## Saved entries
________

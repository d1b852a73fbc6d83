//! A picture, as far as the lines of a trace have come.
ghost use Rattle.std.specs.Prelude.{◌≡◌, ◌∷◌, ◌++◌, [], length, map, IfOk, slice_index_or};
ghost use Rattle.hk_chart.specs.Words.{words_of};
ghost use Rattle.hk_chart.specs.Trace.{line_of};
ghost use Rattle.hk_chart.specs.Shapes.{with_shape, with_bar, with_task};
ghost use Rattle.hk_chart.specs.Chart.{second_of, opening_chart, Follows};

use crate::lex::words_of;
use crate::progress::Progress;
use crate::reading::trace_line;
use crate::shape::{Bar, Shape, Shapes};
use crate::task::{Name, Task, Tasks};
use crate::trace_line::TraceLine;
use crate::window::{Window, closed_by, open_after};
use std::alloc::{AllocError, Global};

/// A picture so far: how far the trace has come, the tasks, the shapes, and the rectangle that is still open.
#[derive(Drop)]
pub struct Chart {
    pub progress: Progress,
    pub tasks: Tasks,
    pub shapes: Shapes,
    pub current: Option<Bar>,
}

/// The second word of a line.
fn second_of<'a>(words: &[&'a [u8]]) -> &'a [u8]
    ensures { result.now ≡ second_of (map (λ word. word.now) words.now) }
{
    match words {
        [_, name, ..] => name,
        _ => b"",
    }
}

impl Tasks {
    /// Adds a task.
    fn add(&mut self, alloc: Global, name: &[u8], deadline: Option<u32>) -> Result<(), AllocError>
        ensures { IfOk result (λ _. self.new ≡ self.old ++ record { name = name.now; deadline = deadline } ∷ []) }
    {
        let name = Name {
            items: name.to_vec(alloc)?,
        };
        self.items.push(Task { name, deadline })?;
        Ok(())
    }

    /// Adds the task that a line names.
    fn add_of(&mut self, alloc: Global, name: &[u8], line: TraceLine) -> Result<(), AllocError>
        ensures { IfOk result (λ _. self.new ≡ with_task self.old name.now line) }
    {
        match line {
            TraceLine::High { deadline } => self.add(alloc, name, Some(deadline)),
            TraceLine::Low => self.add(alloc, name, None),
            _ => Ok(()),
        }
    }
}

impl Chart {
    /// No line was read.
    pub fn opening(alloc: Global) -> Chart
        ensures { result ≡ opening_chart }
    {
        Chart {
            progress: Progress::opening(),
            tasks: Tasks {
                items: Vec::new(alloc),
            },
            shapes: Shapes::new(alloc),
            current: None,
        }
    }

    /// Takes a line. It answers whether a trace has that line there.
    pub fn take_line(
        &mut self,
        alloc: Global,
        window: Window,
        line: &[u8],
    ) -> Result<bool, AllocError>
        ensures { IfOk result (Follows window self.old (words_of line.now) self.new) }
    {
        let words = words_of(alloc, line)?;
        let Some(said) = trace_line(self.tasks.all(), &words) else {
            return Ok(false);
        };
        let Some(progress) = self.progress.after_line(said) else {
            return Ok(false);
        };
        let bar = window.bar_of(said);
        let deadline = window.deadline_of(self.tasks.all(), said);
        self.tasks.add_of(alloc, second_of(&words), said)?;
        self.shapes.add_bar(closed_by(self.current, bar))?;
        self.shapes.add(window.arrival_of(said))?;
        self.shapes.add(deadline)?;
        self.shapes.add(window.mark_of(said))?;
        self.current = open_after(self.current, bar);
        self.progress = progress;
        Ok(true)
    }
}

________

## EXERCISE
Return all of the above records exactly, leaving no line out.

## ANSWER TO THIS TASK
repository d1b852a73fbc6d83
//! A picture, as far as the lines of a trace have come.
ghost use Rattle.std.specs.Prelude.{◌≡◌, ◌∷◌, ◌++◌, [], length, map, IfOk, slice_index_or};
ghost use Rattle.hk_chart.specs.Words.{words_of};
ghost use Rattle.hk_chart.specs.Trace.{line_of};
ghost use Rattle.hk_chart.specs.Shapes.{with_shape, with_bar, with_task};
ghost use Rattle.hk_chart.specs.Chart.{second_of, opening_chart, Follows};

use crate::lex::words_of;
use crate::progress::Progress;
use crate::reading::trace_line;
use crate::shape::{Bar, Shape, Shapes};
use crate::task::{Name, Task, Tasks};
use crate::trace_line::TraceLine;
use crate::window::{Window, closed_by, open_after};
use std::alloc::{AllocError, Global};

/// A picture so far: how far the trace has come, the tasks, the shapes, and the rectangle that is still open.
#[derive(Drop)]
pub struct Chart {
    pub progress: Progress,
    pub tasks: Tasks,
    pub shapes: Shapes,
    pub current: Option<Bar>,
}

/// The second word of a line.
fn second_of<'a>(words: &[&'a [u8]]) -> &'a [u8]
    ensures { result.now ≡ second_of (map (λ word. word.now) words.now) }
{
    match words {
        [_, name, ..] => name,
        _ => b"",
    }
}

impl Tasks {
    /// Adds a task.
    fn add(&mut self, alloc: Global, name: &[u8], deadline: Option<u32>) -> Result<(), AllocError>
        ensures { IfOk result (λ _. self.new ≡ self.old ++ record { name = name.now; deadline = deadline } ∷ []) }
    {
        let name = Name {
            items: name.to_vec(alloc)?,
        };
        self.items.push(Task { name, deadline })?;
        Ok(())
    }

    /// Adds the task that a line names.
    fn add_of(&mut self, alloc: Global, name: &[u8], line: TraceLine) -> Result<(), AllocError>
        ensures { IfOk result (λ _. self.new ≡ with_task self.old name.now line) }
    {
        match line {
            TraceLine::High { deadline } => self.add(alloc, name, Some(deadline)),
            TraceLine::Low => self.add(alloc, name, None),
            _ => Ok(()),
        }
    }
}

impl Chart {
    /// No line was read.
    pub fn opening(alloc: Global) -> Chart
        ensures { result ≡ opening_chart }
    {
        Chart {
            progress: Progress::opening(),
            tasks: Tasks {
                items: Vec::new(alloc),
            },
            shapes: Shapes::new(alloc),
            current: None,
        }
    }

    /// Takes a line. It answers whether a trace has that line there.
    pub fn take_line(
        &mut self,
        alloc: Global,
        window: Window,
        line: &[u8],
    ) -> Result<bool, AllocError>
        ensures { IfOk result (Follows window self.old (words_of line.now) self.new) }
    {
        let words = words_of(alloc, line)?;
        let Some(said) = trace_line(self.tasks.all(), &words) else {
            return Ok(false);
        };
        let Some(progress) = self.progress.after_line(said) else {
            return Ok(false);
        };
        let bar = window.bar_of(said);
        let deadline = window.deadline_of(self.tasks.all(), said);
        self.tasks.add_of(alloc, second_of(&words), said)?;
        self.shapes.add_bar(closed_by(self.current, bar))?;
        self.shapes.add(window.arrival_of(said))?;
        self.shapes.add(deadline)?;
        self.shapes.add(window.mark_of(said))?;
        self.current = open_after(self.current, bar);
        self.progress = progress;
        Ok(true)
    }
}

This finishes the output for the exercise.